◆ **Your instructions**: Starting with the line containing "and of copies." and going on through the line containing "write_table(alloc, validator, &MORE, out)?;", return the lines of the data below exactly, and only those.

◆ **Data extracted from a collection**:
──────────────────────────────
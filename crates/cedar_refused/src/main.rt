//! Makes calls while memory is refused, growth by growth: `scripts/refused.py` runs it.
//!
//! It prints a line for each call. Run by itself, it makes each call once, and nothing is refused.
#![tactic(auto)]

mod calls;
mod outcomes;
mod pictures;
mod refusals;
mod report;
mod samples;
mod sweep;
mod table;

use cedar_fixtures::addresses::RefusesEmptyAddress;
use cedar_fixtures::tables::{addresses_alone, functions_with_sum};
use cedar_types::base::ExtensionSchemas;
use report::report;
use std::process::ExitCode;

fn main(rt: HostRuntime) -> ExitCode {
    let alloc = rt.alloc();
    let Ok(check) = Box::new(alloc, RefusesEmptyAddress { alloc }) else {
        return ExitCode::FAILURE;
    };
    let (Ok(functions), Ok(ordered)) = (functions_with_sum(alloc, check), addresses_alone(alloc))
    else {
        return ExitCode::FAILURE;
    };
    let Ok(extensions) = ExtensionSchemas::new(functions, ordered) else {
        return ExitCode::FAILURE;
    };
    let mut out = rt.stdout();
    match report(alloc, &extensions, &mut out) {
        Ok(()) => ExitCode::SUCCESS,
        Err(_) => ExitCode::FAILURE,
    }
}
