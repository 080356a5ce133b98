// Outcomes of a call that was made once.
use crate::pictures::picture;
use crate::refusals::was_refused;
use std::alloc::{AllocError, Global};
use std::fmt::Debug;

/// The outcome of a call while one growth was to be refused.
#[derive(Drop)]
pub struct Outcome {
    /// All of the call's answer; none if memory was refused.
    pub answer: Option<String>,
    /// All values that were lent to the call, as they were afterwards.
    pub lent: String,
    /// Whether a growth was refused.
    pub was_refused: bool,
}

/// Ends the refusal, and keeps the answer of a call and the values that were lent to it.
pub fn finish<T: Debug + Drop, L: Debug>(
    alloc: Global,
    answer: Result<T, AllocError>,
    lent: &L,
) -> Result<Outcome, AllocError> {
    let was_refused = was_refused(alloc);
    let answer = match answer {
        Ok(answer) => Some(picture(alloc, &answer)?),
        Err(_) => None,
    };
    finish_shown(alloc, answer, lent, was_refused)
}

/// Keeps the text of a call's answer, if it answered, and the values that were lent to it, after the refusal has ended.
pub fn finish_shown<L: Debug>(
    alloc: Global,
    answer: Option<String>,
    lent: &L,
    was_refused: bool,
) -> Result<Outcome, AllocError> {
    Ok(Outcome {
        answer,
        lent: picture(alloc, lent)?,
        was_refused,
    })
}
──────────────────────────────
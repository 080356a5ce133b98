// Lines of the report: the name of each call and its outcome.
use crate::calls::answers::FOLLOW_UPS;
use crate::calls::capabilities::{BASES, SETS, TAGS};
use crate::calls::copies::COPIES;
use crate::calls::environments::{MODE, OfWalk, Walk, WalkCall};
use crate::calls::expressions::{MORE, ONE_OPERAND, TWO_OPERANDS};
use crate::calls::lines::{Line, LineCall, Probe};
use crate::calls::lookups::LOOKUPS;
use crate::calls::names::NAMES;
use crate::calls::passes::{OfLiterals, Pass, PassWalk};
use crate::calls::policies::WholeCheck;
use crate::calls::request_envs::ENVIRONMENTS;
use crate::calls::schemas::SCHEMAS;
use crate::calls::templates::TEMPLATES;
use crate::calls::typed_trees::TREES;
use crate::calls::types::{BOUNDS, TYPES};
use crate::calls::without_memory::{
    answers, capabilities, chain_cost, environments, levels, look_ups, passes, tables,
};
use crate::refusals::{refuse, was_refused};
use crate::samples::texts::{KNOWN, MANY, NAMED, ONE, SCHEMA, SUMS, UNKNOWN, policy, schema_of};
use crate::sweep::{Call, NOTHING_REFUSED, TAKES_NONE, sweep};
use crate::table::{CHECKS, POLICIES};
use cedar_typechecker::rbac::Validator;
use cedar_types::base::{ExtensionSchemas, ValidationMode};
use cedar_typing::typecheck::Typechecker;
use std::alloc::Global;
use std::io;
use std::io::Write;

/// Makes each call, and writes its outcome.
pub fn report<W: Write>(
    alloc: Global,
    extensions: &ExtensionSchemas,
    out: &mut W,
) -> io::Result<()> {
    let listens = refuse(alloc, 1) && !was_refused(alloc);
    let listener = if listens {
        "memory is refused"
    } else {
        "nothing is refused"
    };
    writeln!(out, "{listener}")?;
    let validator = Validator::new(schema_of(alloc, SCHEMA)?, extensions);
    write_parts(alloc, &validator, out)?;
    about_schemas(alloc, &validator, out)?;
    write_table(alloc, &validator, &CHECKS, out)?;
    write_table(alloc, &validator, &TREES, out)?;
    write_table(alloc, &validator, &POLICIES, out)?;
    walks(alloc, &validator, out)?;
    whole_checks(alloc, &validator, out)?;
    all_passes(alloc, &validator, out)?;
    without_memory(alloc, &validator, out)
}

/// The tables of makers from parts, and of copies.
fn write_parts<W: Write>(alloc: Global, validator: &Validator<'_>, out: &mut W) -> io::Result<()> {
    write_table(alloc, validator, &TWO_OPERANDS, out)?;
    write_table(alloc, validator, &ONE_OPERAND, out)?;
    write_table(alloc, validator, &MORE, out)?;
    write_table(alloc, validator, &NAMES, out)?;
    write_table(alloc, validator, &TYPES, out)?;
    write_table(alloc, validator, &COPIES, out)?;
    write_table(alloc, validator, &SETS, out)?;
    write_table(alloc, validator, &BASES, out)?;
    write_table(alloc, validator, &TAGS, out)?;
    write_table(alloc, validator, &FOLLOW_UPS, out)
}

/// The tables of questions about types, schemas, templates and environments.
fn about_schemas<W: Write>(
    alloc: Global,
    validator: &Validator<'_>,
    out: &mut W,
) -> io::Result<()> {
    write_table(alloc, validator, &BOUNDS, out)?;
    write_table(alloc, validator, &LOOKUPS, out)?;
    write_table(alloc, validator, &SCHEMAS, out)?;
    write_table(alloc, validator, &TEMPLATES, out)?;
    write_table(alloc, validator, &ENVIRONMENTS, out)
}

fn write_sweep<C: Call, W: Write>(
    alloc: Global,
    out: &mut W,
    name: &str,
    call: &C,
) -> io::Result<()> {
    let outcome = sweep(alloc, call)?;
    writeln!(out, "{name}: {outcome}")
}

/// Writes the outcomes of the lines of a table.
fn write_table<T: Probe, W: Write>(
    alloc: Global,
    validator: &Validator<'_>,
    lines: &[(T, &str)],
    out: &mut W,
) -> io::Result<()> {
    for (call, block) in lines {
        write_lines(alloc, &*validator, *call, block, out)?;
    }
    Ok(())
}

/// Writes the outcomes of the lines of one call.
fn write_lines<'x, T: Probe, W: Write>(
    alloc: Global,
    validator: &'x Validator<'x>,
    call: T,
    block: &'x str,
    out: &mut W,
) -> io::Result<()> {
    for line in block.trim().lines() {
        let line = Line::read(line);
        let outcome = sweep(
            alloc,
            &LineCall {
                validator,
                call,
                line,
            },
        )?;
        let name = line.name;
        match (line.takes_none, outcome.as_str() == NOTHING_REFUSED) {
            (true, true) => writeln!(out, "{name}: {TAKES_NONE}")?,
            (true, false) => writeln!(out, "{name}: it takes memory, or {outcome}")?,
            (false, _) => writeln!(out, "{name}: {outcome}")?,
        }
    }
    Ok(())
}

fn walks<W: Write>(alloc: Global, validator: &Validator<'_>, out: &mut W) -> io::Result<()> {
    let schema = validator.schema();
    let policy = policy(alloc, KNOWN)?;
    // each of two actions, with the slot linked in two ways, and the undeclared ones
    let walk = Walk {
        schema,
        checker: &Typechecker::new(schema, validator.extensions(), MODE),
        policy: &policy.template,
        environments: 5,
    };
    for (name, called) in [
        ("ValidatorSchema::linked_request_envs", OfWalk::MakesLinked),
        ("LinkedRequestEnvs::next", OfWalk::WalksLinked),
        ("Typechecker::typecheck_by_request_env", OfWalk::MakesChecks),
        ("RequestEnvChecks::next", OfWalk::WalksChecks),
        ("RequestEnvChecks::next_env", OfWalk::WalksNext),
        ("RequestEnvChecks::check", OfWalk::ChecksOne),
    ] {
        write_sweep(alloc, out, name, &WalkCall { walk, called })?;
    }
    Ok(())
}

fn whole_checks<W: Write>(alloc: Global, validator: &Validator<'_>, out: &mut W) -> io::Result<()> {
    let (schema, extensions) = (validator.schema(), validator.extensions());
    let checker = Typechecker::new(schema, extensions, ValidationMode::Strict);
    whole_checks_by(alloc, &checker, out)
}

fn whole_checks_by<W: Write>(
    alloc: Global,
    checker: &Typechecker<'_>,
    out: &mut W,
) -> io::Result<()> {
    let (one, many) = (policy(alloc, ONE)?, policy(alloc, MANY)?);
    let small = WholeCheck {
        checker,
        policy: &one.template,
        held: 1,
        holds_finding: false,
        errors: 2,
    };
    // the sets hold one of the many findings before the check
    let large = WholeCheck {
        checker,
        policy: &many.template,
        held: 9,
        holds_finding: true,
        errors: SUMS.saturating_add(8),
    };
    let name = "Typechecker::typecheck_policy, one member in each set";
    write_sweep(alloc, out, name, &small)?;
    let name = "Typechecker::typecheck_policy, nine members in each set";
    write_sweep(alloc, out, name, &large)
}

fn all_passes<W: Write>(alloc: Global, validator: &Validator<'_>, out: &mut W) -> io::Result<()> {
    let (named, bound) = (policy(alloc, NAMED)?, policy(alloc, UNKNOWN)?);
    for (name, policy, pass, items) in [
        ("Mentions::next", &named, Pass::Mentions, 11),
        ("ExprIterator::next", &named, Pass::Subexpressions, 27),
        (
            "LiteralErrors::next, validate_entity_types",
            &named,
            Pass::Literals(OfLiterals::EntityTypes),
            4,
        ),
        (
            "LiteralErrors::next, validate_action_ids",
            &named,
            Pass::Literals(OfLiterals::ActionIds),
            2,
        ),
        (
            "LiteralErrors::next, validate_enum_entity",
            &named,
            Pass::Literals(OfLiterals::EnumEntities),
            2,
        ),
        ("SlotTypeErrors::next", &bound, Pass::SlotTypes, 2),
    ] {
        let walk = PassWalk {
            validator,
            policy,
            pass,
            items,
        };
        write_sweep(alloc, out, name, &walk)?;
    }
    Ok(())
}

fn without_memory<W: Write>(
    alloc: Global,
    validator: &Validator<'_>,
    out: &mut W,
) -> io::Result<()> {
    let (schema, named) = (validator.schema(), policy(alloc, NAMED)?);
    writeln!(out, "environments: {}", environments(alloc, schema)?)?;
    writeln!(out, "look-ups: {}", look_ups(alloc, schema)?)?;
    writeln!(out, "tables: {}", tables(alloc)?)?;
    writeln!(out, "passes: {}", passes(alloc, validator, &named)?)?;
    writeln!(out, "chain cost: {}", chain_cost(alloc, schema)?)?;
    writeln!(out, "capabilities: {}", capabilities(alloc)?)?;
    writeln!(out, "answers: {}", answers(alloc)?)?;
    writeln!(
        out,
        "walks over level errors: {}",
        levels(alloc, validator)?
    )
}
──────────────────────────────
◆ **Solution for this exercise**:
/// The tables of makers from parts, and of copies.
fn write_parts<W: Write>(alloc: Global, validator: &Validator<'_>, out: &mut W) -> io::Result<()> {
    write_table(alloc, validator, &TWO_OPERANDS, out)?;
    write_table(alloc, validator, &ONE_OPERAND, out)?;
    write_table(alloc, validator, &MORE, out)?;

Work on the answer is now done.